For the material below, please count the lines containing "FailingSocket". Reply with the count alone.

» **Data provided**
┌────────

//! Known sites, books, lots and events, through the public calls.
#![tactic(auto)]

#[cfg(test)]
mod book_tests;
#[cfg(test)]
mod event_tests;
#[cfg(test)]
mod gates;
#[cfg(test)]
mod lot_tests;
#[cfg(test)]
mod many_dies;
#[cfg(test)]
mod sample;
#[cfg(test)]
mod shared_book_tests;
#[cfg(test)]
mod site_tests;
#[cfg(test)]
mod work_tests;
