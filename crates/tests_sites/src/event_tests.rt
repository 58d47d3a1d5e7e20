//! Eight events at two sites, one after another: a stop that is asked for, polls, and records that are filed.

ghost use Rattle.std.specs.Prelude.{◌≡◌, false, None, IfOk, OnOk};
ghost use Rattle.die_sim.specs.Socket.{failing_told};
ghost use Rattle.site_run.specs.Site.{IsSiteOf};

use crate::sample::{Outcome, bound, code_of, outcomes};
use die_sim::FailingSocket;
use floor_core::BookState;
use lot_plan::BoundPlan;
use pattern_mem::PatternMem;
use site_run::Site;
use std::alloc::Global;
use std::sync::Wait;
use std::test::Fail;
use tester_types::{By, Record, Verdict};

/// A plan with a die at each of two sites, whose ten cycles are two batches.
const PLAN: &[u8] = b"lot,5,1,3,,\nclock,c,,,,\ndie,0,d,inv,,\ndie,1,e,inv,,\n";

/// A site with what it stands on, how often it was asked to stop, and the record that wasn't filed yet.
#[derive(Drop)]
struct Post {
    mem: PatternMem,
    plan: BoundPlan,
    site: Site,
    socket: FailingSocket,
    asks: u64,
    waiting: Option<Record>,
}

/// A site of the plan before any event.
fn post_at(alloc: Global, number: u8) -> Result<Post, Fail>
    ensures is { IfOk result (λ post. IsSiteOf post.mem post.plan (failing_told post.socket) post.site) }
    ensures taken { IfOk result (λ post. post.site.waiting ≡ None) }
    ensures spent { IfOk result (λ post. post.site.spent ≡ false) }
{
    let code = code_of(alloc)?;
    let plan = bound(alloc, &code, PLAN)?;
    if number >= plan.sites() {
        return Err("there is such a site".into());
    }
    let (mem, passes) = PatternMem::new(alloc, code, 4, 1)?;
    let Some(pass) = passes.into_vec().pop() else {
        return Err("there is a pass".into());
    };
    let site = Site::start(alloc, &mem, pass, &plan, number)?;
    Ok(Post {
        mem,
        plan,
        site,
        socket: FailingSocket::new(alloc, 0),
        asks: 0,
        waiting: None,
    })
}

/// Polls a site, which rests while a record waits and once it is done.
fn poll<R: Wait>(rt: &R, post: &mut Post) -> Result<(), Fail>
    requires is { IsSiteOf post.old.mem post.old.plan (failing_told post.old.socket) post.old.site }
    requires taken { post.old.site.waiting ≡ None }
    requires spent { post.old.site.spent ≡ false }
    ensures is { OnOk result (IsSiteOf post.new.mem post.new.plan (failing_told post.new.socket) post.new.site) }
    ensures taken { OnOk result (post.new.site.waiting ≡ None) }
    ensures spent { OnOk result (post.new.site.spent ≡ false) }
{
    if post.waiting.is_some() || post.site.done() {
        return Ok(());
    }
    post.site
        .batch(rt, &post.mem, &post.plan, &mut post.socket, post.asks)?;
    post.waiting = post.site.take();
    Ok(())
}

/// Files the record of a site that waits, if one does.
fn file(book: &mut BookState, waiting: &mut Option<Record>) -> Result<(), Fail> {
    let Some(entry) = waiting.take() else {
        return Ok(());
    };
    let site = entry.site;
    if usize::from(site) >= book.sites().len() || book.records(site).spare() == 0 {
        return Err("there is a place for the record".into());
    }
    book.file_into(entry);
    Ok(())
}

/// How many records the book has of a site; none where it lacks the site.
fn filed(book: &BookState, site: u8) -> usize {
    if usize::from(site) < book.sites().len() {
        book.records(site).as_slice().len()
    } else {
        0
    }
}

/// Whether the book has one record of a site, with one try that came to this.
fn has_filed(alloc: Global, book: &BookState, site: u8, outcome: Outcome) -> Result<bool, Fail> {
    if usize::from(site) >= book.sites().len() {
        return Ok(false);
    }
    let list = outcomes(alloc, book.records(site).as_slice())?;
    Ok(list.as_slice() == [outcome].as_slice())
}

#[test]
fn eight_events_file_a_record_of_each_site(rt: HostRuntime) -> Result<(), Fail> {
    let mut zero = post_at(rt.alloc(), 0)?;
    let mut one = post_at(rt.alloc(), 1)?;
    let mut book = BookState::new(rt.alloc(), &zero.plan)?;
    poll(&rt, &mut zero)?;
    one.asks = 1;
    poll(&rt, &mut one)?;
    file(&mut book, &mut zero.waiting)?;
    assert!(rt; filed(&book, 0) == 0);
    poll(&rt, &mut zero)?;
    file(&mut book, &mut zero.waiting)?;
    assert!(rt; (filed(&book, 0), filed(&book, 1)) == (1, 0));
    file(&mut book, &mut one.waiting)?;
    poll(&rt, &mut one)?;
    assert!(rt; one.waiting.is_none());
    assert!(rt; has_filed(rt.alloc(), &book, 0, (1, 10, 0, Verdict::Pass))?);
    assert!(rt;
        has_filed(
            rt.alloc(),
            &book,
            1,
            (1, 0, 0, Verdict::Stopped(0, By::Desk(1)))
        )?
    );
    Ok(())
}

└────────

» **Result for this exercise**
3